Start of Records supplied
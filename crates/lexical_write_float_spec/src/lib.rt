// The text of a float: definitions and their laws, and the declared type that they speak of.
#![tactic(auto)]

pub mod layout;

pub use layout::Layout;
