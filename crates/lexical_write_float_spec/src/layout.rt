// Derived from the macro `write_float!` of lexical-write-float/src/shared.rs, changed: the three layouts that it chooses between are one type.
#[derive(Clone, Copy)]
pub enum Layout {
    Scientific,
    Negative,
    Positive,
}
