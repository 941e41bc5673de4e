//! Records in one block of memory: their bytes lie from the front, their slots from the back.
//!
//! A `Pile` takes its block when it is made, and nothing else is ever allocated. So each call but `Pile::new`
//! succeeds without more memory.
#![tactic(auto)]

mod block;
mod full;
mod no_memory;
mod pile;
mod slot;

pub use full::Full;
pub use no_memory::NoMemory;
pub use pile::Pile;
End of Records supplied
Give back the complete data exactly as supplied.

filename crates/lexical_write_float_spec/src/lib.rt
// The text of a float: definitions and their laws, and the declared type that they speak of.
#![tactic(auto)]

pub mod layout;

pub use layout::Layout;
filename crates/lexical_write_float_spec/src/layout.rt
// Derived from the macro `write_float!` of lexical-write-float/src/shared.rs, changed: the three layouts that it chooses between are one type.
#[derive(Clone, Copy)]
pub enum Layout {
    Scientific,
    Negative,
    Positive,
}
repository 941e41bc5673de4e
//! Records in one block of memory: their bytes lie from the front, their slots from the back.
//!
//! A `Pile` takes its block when it is made, and nothing else is ever allocated. So each call but `Pile::new`
//! succeeds without more memory.
#![tactic(auto)]

mod block;
mod full;
mod no_memory;
mod pile;
mod slot;

pub use full::Full;
pub use no_memory::NoMemory;
pub use pile::Pile;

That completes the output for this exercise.